First, we had doctors in white coats telling us how great ObamaCare was going to be. That didn’t seem to fool the masses, who remained unconvinced about the president’s signature achievement, which is still widely feared and loathed.

Well, now the administration is bringing in the TV weather men and women (who apparently prefer to be called meteorologists), to help promote global warming. The president is granting one-on-one interviews to eight TV weather people (please, no Bill Ayres jokes) to talk about the scary new report on climate change that the administration released yesterday.

If you think this looks more like a campaign stunt than anything else, you are not alone. Sean Davis writes over at The Federalist:

The Obama Administration released a new report on global cooling global warming climate change this week, and its findings and recommendations are about what you’d expect: conservatives are stupidheads who hate Science™, so give us eleventy trillion dollars.

Climate change is real of course. Been going on for millions of years. And before that.  But the problem with predicting it, as Sean Davis points out, is that accurate climate models that can say anything meaningful about the future simply don’t exist.

Davis writes:

I’ll see your “95 percent of scientists believe in global warming” talking point and raise you a “95 percent of reality thinks your climate models are garbage.” According to that chart of actual satellite and surface temperature observations vs. what was predicted by 90 different climate models, 95 percent of models overestimated actual temperatures. Nothing says Science™ like predicting stuff incorrectly over and over and over again.

And therein lies the real reason why so many global warming cultists are so desperate to change the terms of the debate. Rather than discuss the actual science, they’d rather marginalize anyone who disagrees with their policy prescriptions.
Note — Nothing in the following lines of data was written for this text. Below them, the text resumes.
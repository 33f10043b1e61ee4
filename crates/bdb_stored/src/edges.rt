// The edges of the states of a stored base.
ghost use Rattle.std.specs.Prelude.{◌<◌, ◌^◌, length, ◌≤◌, ◌+◌, ◌*◌, OnOk, IfOk};
ghost use Rattle.bdb_base.specs.Causes.{RoseBy};
ghost use Rattle.bdb_base.specs.Queries.{user_numbers};
ghost use Rattle.bdb_keep.specs.Calls.{IsRead};
ghost use Rattle.bdb_tables.specs.Grammar.{InGrammar};
ghost use Rattle.bdb_tables.specs.Reading.{OnlyReads};
ghost use Rattle.bdb_stored.specs.Structure.{TellsEdge, TellsEdges, edges_of};
ghost use Rattle.bdb_catalog.specs.Opening.{IsPartOf};
ghost use Rattle.bdb_stored.specs.Worlds.{TellsStates};

use crate::items::push_item;
use crate::named::place_of_number;
use bdb_base::List;
use bdb_canon::CanonEdge;
use bdb_keep::Keeper;
use bdb_names::NamedWorld;
use bdb_tables::{EdgeTab, TabError, get};
use std::alloc::Global;

/// The edges of the states, by place and user. One read for each state and user.
pub fn edges_of<K: Keeper>(
    alloc: Global,
    keeper: &mut K,
    worlds: &[NamedWorld],
    users: &[u32],
) -> Result<List<CanonEdge>, TabError>
    requires grammar { InGrammar (K.seen keeper.old).kept }
    requires worlds { TellsStates (K.seen keeper.old).kept worlds.now }
    requires users { IsPartOf (λ b. user_numbers b.catalog.users)
        (K.seen keeper.old).kept users.now }
    requires few { length worlds.now < 2 ^ 32 }
    ensures edges { IfOk result (IsPartOf edges_of (K.seen keeper.old).kept) }
    ensures reads { OnOk result
        ((K.seen keeper.new).reads
        ≤ (K.seen keeper.old).reads + length worlds.now * length users.now) }
    ensures reading { OnlyReads (K.seen keeper.old) (K.seen keeper.new) result TabError.Fault }
{
    let mut edges = Vec::new(alloc);
    for at in 0..worlds.len() {
        let mut more = match edges_from(alloc, keeper, worlds, &worlds[at], at as u32, users) {
            Ok(more) => more,
            Err(error) => return Err(error),
        };
        match edges.append(&mut more) {
            Ok(()) => {}
            Err(_) => {
                keeper.undo();
                return Err(TabError::Memory);
            }
        }
    }
    Ok(List::from_vec(edges))
}

// The edges of the state at a place, by user.
fn edges_from<K: Keeper>(
    alloc: Global,
    keeper: &mut K,
    worlds: &[NamedWorld],
    world: &NamedWorld,
    from: u32,
    users: &[u32],
) -> Result<Vec<CanonEdge>, TabError>
    requires grammar { InGrammar (K.seen keeper.old).kept }
    requires few { length worlds.now < 2 ^ 32 }
    ensures edges { IfOk result
        (λ edges.
        TellsEdges (K.seen keeper.old).kept worlds.now world.now from users.now edges.items) }
    ensures reads { OnOk result
        ((K.seen keeper.new).reads ≤ (K.seen keeper.old).reads + length users.now) }
    ensures reading { OnlyReads (K.seen keeper.old) (K.seen keeper.new) result TabError.Fault }
{
    let mut edges = Vec::new(alloc);
    for uid in users {
        let edge = match edge_for(alloc, keeper, worlds, world, from, *uid) {
            Ok(edge) => edge,
            Err(error) => return Err(error),
        };
        match push_item(&mut edges, edge) {
            Ok(()) => {}
            Err(_) => {
                keeper.undo();
                return Err(TabError::Memory);
            }
        }
    }
    Ok(edges)
}

// The edge of the state at a place for a user. A state has none for its own last user.
fn edge_for<K: Keeper>(
    alloc: Global,
    keeper: &mut K,
    worlds: &[NamedWorld],
    world: &NamedWorld,
    from: u32,
    uid: u32,
) -> Result<Option<CanonEdge>, TabError>
    requires grammar { InGrammar (K.seen keeper.old).kept }
    requires few { length worlds.now < 2 ^ 32 }
    ensures edge { IfOk result (TellsEdge (K.seen keeper.old).kept worlds.now world.now from uid) }
    ensures reads { OnOk result (RoseBy 1 (K.seen keeper.old).reads (K.seen keeper.new).reads) }
    ensures read { IsRead (K.seen keeper.old) (K.seen keeper.new) result TabError.Fault }
{
    match get::<EdgeTab, K>(alloc, keeper, &(world.wid, uid)) {
        Ok(Some(target)) => {
            let to = place_of_number(worlds, target) as u32;
            Ok(Some(CanonEdge { from, uid, to }))
        }
        Ok(None) => Ok(None),
        Err(error) => Err(error),
    }
}
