// Writing the tables of a whole base.
ghost use Rattle.std.specs.Prelude.{◌≡◌, true, [], OnOk};
ghost use Rattle.bdb_base.specs.Bases.{IsCatalog, empty_contents};
ghost use Rattle.bdb_keep.specs.Seen.{NeverFall, Steps};
ghost use Rattle.bdb_tables.specs.Stored.{Stores};
ghost use Rattle.bdb_catalog.specs.Bases.{StoresValid};
ghost use Rattle.bdb_stored.specs.Writing.{AddsNext, AddsPlace, SomeMayAddPlace, SomeMayFollow, base_of};
ghost use Rattle.bdb_update.specs.StoredLaws.{HaveNoRows};

use crate::clearing::clear_tables;
use bdb_base::{Base, Catalog, Stmt, UserSlot};
use bdb_canon::Counts;
use bdb_catalog::{add_gone_place, add_relation, add_user, write_empty};
use bdb_keep::Keeper;
use bdb_tables::TabError;
use bdb_update::{Added, UpdateError, add_statement};
use std::alloc::Global;

/// Makes the tables those of a base, whatever rows they had: all rows are taken away, and places of users, relations and
/// statements added one by one.
pub fn write_all_tables<K: Keeper>(
    alloc: Global,
    keeper: &mut K,
    base: &Base,
) -> Result<(), TabError>
    requires running { (K.seen keeper.old).running ≡ true }
    ensures stored { OnOk result (StoresValid (K.seen keeper.new).kept base.now) }
    ensures counts { NeverFall (K.seen keeper.old) (K.seen keeper.new) }
    ensures steps { Steps (K.seen keeper.old) (K.seen keeper.new) result TabError.Fault }
{
    match clear_tables(alloc, keeper) {
        Ok(()) => {}
        Err(error) => return Err(error),
    }
    match write_catalog(alloc, keeper, base.catalog()) {
        Ok(()) => {}
        Err(error) => return Err(error),
    }
    match write_statements(alloc, keeper, base) {
        Ok(()) => Ok(()),
        Err(error) => Err(error),
    }
}

// Makes tables without rows those of a base without statements.
fn write_catalog<K: Keeper>(
    alloc: Global,
    keeper: &mut K,
    catalog: &Catalog,
) -> Result<(), TabError>
    requires running { (K.seen keeper.old).running ≡ true }
    requires none { HaveNoRows (K.seen keeper.old).kept }
    requires catalog { IsCatalog catalog.now }
    ensures stored { OnOk result
        (StoresValid (K.seen keeper.new).kept (base_of catalog.now.users catalog.now.rels [])) }
    ensures counts { NeverFall (K.seen keeper.old) (K.seen keeper.new) }
    ensures steps { Steps (K.seen keeper.old) (K.seen keeper.new) result TabError.Fault }
{
    match write_empty(alloc, keeper) {
        Ok(()) => {}
        Err(error) => return Err(error),
    }
    match write_users(alloc, keeper, catalog) {
        Ok(()) => {}
        Err(error) => return Err(error),
    }
    match write_relations(alloc, keeper, catalog) {
        Ok(()) => Ok(()),
        Err(error) => Err(error),
    }
}

// Adds the places of users to the empty base.
fn write_users<K: Keeper>(alloc: Global, keeper: &mut K, catalog: &Catalog) -> Result<(), TabError>
    requires running { (K.seen keeper.old).running ≡ true }
    requires catalog { IsCatalog catalog.now }
    requires base { Stores (K.seen keeper.old).kept empty_contents }
    ensures stored { OnOk result
        (StoresValid (K.seen keeper.new).kept (base_of catalog.now.users [] [])) }
    ensures counts { NeverFall (K.seen keeper.old) (K.seen keeper.new) }
    ensures steps { Steps (K.seen keeper.old) (K.seen keeper.new) result TabError.Fault }
{
    let users = catalog.users.as_slice();
    for at in 0..users.len() {
        match write_place(alloc, keeper, at as u32 + 1, &users[at]) {
            Ok(()) => {}
            Err(error) => return Err(error),
        }
    }
    Ok(())
}

// Adds a place of the next number, that of a live user or of one who is gone.
fn write_place<K: Keeper>(
    alloc: Global,
    keeper: &mut K,
    uid: u32,
    slot: &UserSlot,
) -> Result<(), TabError>
    requires running { (K.seen keeper.old).running ≡ true }
    requires base { SomeMayAddPlace (K.seen keeper.old).kept uid slot.now }
    ensures added { OnOk result
        (AddsPlace (K.seen keeper.old).kept (K.seen keeper.new).kept uid slot.now) }
    ensures counts { NeverFall (K.seen keeper.old) (K.seen keeper.new) }
    ensures steps { Steps (K.seen keeper.old) (K.seen keeper.new) result TabError.Fault }
{
    match slot {
        UserSlot::Live(name) => match add_user(alloc, keeper, uid, name) {
            Ok(()) => Ok(()),
            Err(error) => Err(error),
        },
        UserSlot::Gone => match add_gone_place(alloc, keeper, uid) {
            Ok(()) => Ok(()),
            Err(error) => Err(error),
        },
    }
}

// Adds the relations to the base that has the users alone.
fn write_relations<K: Keeper>(
    alloc: Global,
    keeper: &mut K,
    catalog: &Catalog,
) -> Result<(), TabError>
    requires running { (K.seen keeper.old).running ≡ true }
    requires catalog { IsCatalog catalog.now }
    requires base { StoresValid (K.seen keeper.old).kept (base_of catalog.now.users [] []) }
    ensures stored { OnOk result
        (StoresValid (K.seen keeper.new).kept (base_of catalog.now.users catalog.now.rels [])) }
    ensures counts { NeverFall (K.seen keeper.old) (K.seen keeper.new) }
    ensures steps { Steps (K.seen keeper.old) (K.seen keeper.new) result TabError.Fault }
{
    let rels = catalog.rels.as_slice();
    for at in 0..rels.len() {
        match add_relation(alloc, keeper, at as u32, &rels[at]) {
            Ok(()) => {}
            Err(error) => return Err(error),
        }
    }
    Ok(())
}

// Adds the statements to the base that has the catalog alone.
fn write_statements<K: Keeper>(alloc: Global, keeper: &mut K, base: &Base) -> Result<(), TabError>
    requires running { (K.seen keeper.old).running ≡ true }
    requires base { StoresValid (K.seen keeper.old).kept
        (base_of base.now.catalog.users base.now.catalog.rels []) }
    ensures stored { OnOk result (StoresValid (K.seen keeper.new).kept base.now) }
    ensures counts { NeverFall (K.seen keeper.old) (K.seen keeper.new) }
    ensures steps { Steps (K.seen keeper.old) (K.seen keeper.new) result TabError.Fault }
{
    let mut counts = Counts {
        worlds: 1,
        tuples: 0,
        stmts: 0,
        rows: 0,
    };
    for stmt in base.stmts() {
        match add_next(alloc, keeper, &mut counts, stmt) {
            Ok(()) => {}
            Err(error) => return Err(error),
        }
    }
    Ok(())
}

// Adds a statement that the base may have.
fn add_next<K: Keeper>(
    alloc: Global,
    keeper: &mut K,
    counts: &mut Counts,
    stmt: &Stmt,
) -> Result<(), TabError>
    requires running { (K.seen keeper.old).running ≡ true }
    requires base { SomeMayFollow (K.seen keeper.old).kept counts.old stmt.now }
    ensures added { OnOk result
        (AddsNext (K.seen keeper.old).kept
        (K.seen keeper.new).kept counts.old counts.new stmt.now) }
    ensures counts { NeverFall (K.seen keeper.old) (K.seen keeper.new) }
    ensures steps { Steps (K.seen keeper.old) (K.seen keeper.new) result TabError.Fault }
{
    match add_statement(alloc, keeper, counts, stmt) {
        Ok(Added::New) => Ok(()),
        Ok(Added::Already) => unreachable!(),
        Err(UpdateError::Clash(_)) => unreachable!(),
        Err(UpdateError::Full(_)) => unreachable!(),
        Err(UpdateError::Fault) => Err(TabError::Fault),
        Err(UpdateError::Memory) => Err(TabError::Memory),
    }
}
The global warming alarmists aren’t attempting to shut down debate because they’re worried the dissenters are wrong; the alarmists are attempting to shut down debate because they know their models are wrong, and they’d rather nobody focus on that inconvenient little fact.
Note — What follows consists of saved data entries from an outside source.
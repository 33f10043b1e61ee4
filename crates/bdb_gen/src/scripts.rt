// Scripts made from a number.
ghost use Rattle.std.specs.Prelude.{◌≡◌, ◌≤◌, IfOk};
ghost use Rattle.bdb_base.specs.Limits.{most_generated};
ghost use Rattle.bdb_gen.specs.Scripts.{script};

use crate::draws::Draws;
use crate::lines::{append_first_lines, append_line};
use std::alloc::{AllocError, Global};

/// The script of a seed and a size: it makes eight users and a relation, and then as many inserts, deletes and queries as the
/// size says. The only error is running out of memory.
pub fn generate(alloc: Global, seed: u64, size: u32) -> Result<Vec<u8>, AllocError>
    requires size { size ≤ most_generated }
    ensures { IfOk result (λ text. text.items ≡ script seed size) }
{
    let mut out = Vec::new(alloc);
    append_first_lines(&mut out)?;
    let mut draws = Draws::new(seed);
    for _line in 0..size {
        append_line(&mut draws, &mut out)?;
    }
    Ok(out)
}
As the old legal adage goes: When you have the facts, argue the facts; when you have the law, argue the law; when you have neither, just accuse your adversary of hating science and hope that nobody will listen to what they have to say about your consistently wrong forecasting models. And if that doesn’t work, blatantly manipulate and torture the English language and hope that nobody will notice.

I live on the earth, as it happens, and don’t harbor a secret desire to drown in melted Arctic water. Nor do I want to sizzle to death in the heat. But the White House’s report doesn't convince me that the end is near. It isn’t credible because of bias. Yes, the report cites scientists, but as George Will cautioned last night on Fox:

There is a sociology of science. Scientists are not saints in white laboratory smocks. They’ve got interests like everybody else. If you want a tenured position in academia, don’t question the reigning orthodoxy on climate change. If you want money from the biggest source of direct research in this country, the federal government, don’t question its orthodoxy. If you want to get along with you peers, conform to peer pressure. This is what’s happening. … The New Yorker magazine, which is impeccably upset about climate change, recently spoke about the report from the IPCC as “the last word on climate change.” Now, try that phrase, “the last word on microbiology, quantum mechanics, physics, chemistry.” Since when does science come to the end?
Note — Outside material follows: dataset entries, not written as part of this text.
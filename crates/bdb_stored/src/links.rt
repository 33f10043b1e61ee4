// The states of a stored base with their suffix links.
ghost use Rattle.std.specs.Prelude.{◌≡◌, ◌<◌, ◌^◌, length, ◌≤◌, ◌+◌, OnOk, IfOk};
ghost use Rattle.std.specs.Option.{option_map};
ghost use Rattle.bdb_base.specs.Causes.{RoseBy};
ghost use Rattle.bdb_keep.specs.Calls.{IsRead};
ghost use Rattle.bdb_tables.specs.Grammar.{InGrammar};
ghost use Rattle.bdb_tables.specs.Reading.{OnlyReads};
ghost use Rattle.bdb_stored.specs.Structure.{TellsLink, worlds_with_links};
ghost use Rattle.bdb_catalog.specs.Opening.{IsPartOf};
ghost use Rattle.bdb_stored.specs.Worlds.{TellsStates, place_of_number};

use crate::named::place_of_number;
use bdb_base::{Exact, List};
use bdb_canon::CanonWorld;
use bdb_keep::Keeper;
use bdb_names::NamedWorld;
use bdb_tables::{SuffixTab, TabError, get};
use std::alloc::Global;

/// The states with the places to which their suffix links lead, in order. One read for each.
pub fn worlds_with_links<K: Keeper>(
    alloc: Global,
    keeper: &mut K,
    worlds: &[NamedWorld],
) -> Result<List<CanonWorld>, TabError>
    requires grammar { InGrammar (K.seen keeper.old).kept }
    requires worlds { TellsStates (K.seen keeper.old).kept worlds.now }
    requires few { length worlds.now < 2 ^ 32 }
    ensures linked { IfOk result (IsPartOf worlds_with_links (K.seen keeper.old).kept) }
    ensures reads { OnOk result
        ((K.seen keeper.new).reads ≤ (K.seen keeper.old).reads + length worlds.now) }
    ensures reading { OnlyReads (K.seen keeper.old) (K.seen keeper.new) result TabError.Fault }
{
    let mut linked = List::new(alloc);
    for world in worlds {
        let entry = match with_link(alloc, keeper, worlds, world) {
            Ok(entry) => entry,
            Err(error) => return Err(error),
        };
        match linked.push(entry) {
            Ok(()) => {}
            Err(_) => {
                keeper.undo();
                return Err(TabError::Memory);
            }
        }
    }
    Ok(linked)
}

// A state with the place to which its suffix link leads.
fn with_link<K: Keeper>(
    alloc: Global,
    keeper: &mut K,
    worlds: &[NamedWorld],
    world: &NamedWorld,
) -> Result<CanonWorld, TabError>
    requires grammar { InGrammar (K.seen keeper.old).kept }
    requires few { length worlds.now < 2 ^ 32 }
    ensures link { IfOk result (TellsLink (K.seen keeper.old).kept worlds.now world.now) }
    ensures reads { OnOk result (RoseBy 1 (K.seen keeper.old).reads (K.seen keeper.new).reads) }
    ensures read { IsRead (K.seen keeper.old) (K.seen keeper.new) result TabError.Fault }
{
    let link = match get::<SuffixTab, K>(alloc, keeper, &world.wid) {
        Ok(link) => link,
        Err(error) => return Err(error),
    };
    let suffix = place_of_link(worlds, link);
    match world.path.try_clone(alloc) {
        Ok(path) => Ok(CanonWorld { path, suffix }),
        Err(_) => {
            keeper.undo();
            Err(TabError::Memory)
        }
    }
}

// The place of the world to which a link leads, if there is a link.
fn place_of_link(worlds: &[NamedWorld], link: Option<u32>) -> Option<u32>
    requires few { length worlds.now < 2 ^ 32 }
    ensures { result ≡ option_map (place_of_number worlds.now) link }
{
    match link {
        Some(wid) => Some(place_of_number(worlds, wid) as u32),
        None => None,
    }
}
What we should really be irritated by in the White House’s report is that it is hysteria masquerading as science.  Scientists who objectively study weather trends are one thing. We would welcome such studies and perhaps they would inspire us to take actions, if necessary.  But biased scare reports are another matter.

Another annoying aspect of scare reports is that if the authors get it wrong, they don’t have to apologize.  Remember the global cooling scare of the 1970s? There was a Time magazine cover of a man bundled up and with snow on his face. Cover line: The Big Freeze. “The prospect is literally chilling,” the story began. “The ultimate in climate control—20 degrees cooler not only indoors but outside as well.”

When global chilling began to seem unlikely, the politico-scientific establishment simply switched to global warming. And—here’s the neat thing—the remedies are always the same: more government control, elimination of the use of fossil fuels, and other things that appeal to warmists and coolists alike.

I love John Hayward’s summary of what this latest report means:

Rain is Gaia weeping over your capitalist sins, America. Drought is when she chokes on her sobs. You can apologize by paying more taxes.

He could have sent the same tweet, if twitter had existed back in the 1970s, when we were afraid of freezing to death.  

Being a climate scientist means never having to say you are sorry.